Prairie Rosinweed is mildly toxic to pets. Silphium integrifolium is not individually listed by the ASPCA's toxic or non-toxic plant database; treat with caution and verify with a vet. Its resinous sap contains terpenoid compounds but no acute toxic principle is documented; ingestion of foliage may cause mild gastrointestinal upset in pets.
What USDA hardiness zone does prairie rosinweed grow in?
Prairie Rosinweed is rated for USDA zone 4-8 and RHS hardiness H6. Outside that range, grow it as a container plant that overwinters indoors before the first hard frost.
Prairie Rosinweed deep-dive guides
Every aspect of prairie rosinweed care, each with its own calibrated guide:
- Prairie Rosinweed watering schedule
- Prairie Rosinweed light requirements
- Best soil mix for prairie rosinweed
- Prairie Rosinweed fertilizing guide
- When to repot prairie rosinweed
- How to propagate prairie rosinweed
- Prairie Rosinweed growth rate & size
- Prairie Rosinweed cold hardiness
- Prairie Rosinweed temperature & humidity
- Is prairie rosinweed toxic to cats & dogs?
- Is prairie rosinweed toxic to cats?
- Is prairie rosinweed toxic to dogs?
- Getting prairie rosinweed to bloom
Featured in these plant shortlists
Prairie Rosinweed qualifies for 4 curated Growli shortlists — each one filtered objectively from our structured plant-care library, so the selection is consistent and checkable:
- Best drought-tolerant houseplants — Houseplants that prefer to dry out — forgiving of forgotten watering and ideal for travel or busy weeks.

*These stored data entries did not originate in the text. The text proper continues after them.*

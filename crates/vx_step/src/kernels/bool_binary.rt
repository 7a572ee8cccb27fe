//! And and Or of columns of booleans without validities.

ghost use Rattle.std.specs.Prelude.{◌≡◌};
ghost use Rattle.vx_tree.specs.Tree.{slots_of};
ghost use Rattle.vx_step.specs.Kernels.{is_logical_call, holds_plain, are_plain, KernelAnswers};

use crate::function::columns_of;
use crate::kernels::builtin::BuiltinKernelKind;
use std::alloc::Global;
use vx_column::apply_fn;
use vx_fn::ScalarFnRef;
use vx_tree::{ArrayKind, ArrayRef, Bool, IntoArray};
use vx_value::VortexResult;

/// Returns the canonical column of `filled` if it is And or Or of columns of booleans without validities, whichever slot was
/// executed. `None` exactly if it isn't. Fails only with `OutOfMemory`.
#[tactic(auto, using(crate::proofs::KernelsLemmas::no_function, crate::proofs::KernelsLemmas::no_logic, crate::proofs::KernelsLemmas::no_booleans))]
pub(crate) fn answer(
    alloc: Global,
    filled: &ArrayRef,
    slot: usize,
) -> VortexResult<Option<ArrayRef>>
    ensures { KernelAnswers BuiltinKernelKind.BoolBinary slot filled.now result }
{
    let ArrayKind::ScalarFn(function, slots) = filled.kind() else {
        return Ok(None);
    };
    if !is_logical_call(function) || !are_plain(slots) {
        return Ok(None);
    }
    filled.well_formed_tree();
    let columns = columns_of(alloc, slots)?;
    let column = apply_fn(alloc, function, columns.as_slice(), filled.len())?;
    column.as_array();
    Ok(Some(column.into_array()))
}

/// Returns whether `function` is And or Or.
fn is_logical_call(function: &ScalarFnRef) -> bool
    ensures { result ≡ is_logical_call function.now }
{
    match function {
        ScalarFnRef::Binary(operator) => operator.is_logical(),
        _ => false,
    }
}

/// Returns whether each slot holds a column of booleans without a validity.
fn are_plain(slots: &[Option<ArrayRef>]) -> bool
    ensures { result ≡ are_plain (slots_of slots.now) }
{
    for index in 0..slots.len() {
        if !holds_plain(&slots[index]) {
            return false;
        }
    }
    true
}

/// Returns whether `slot` holds a column of booleans without a validity.
fn holds_plain(slot: &Option<ArrayRef>) -> bool
    ensures { result ≡ holds_plain slot.now }
{
    match slot {
        Some(child) => child.is::<Bool>() && !child.dtype().is_nullable(),
        None => false,
    }
}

- Best flowering houseplants — Indoor plants grown for their blooms — selected from the flowering species in Growli’s plant-care library.
- Best houseplants for full sun — Houseplants that want direct sun — the species for a hot south or west-facing windowsill where shade-lovers scorch.
- Best houseplants for a cool room — Houseplants that tolerate cool conditions down to about 10°C — for an unheated spare room, hallway, porch or a home kept cool.
- Browse all 29 plant shortlists — pet-safe, low-light, drought-tolerant and more
Related guides
Prairie Rosinweed is also commonly called rosinweed or wholeleaf rosinweed.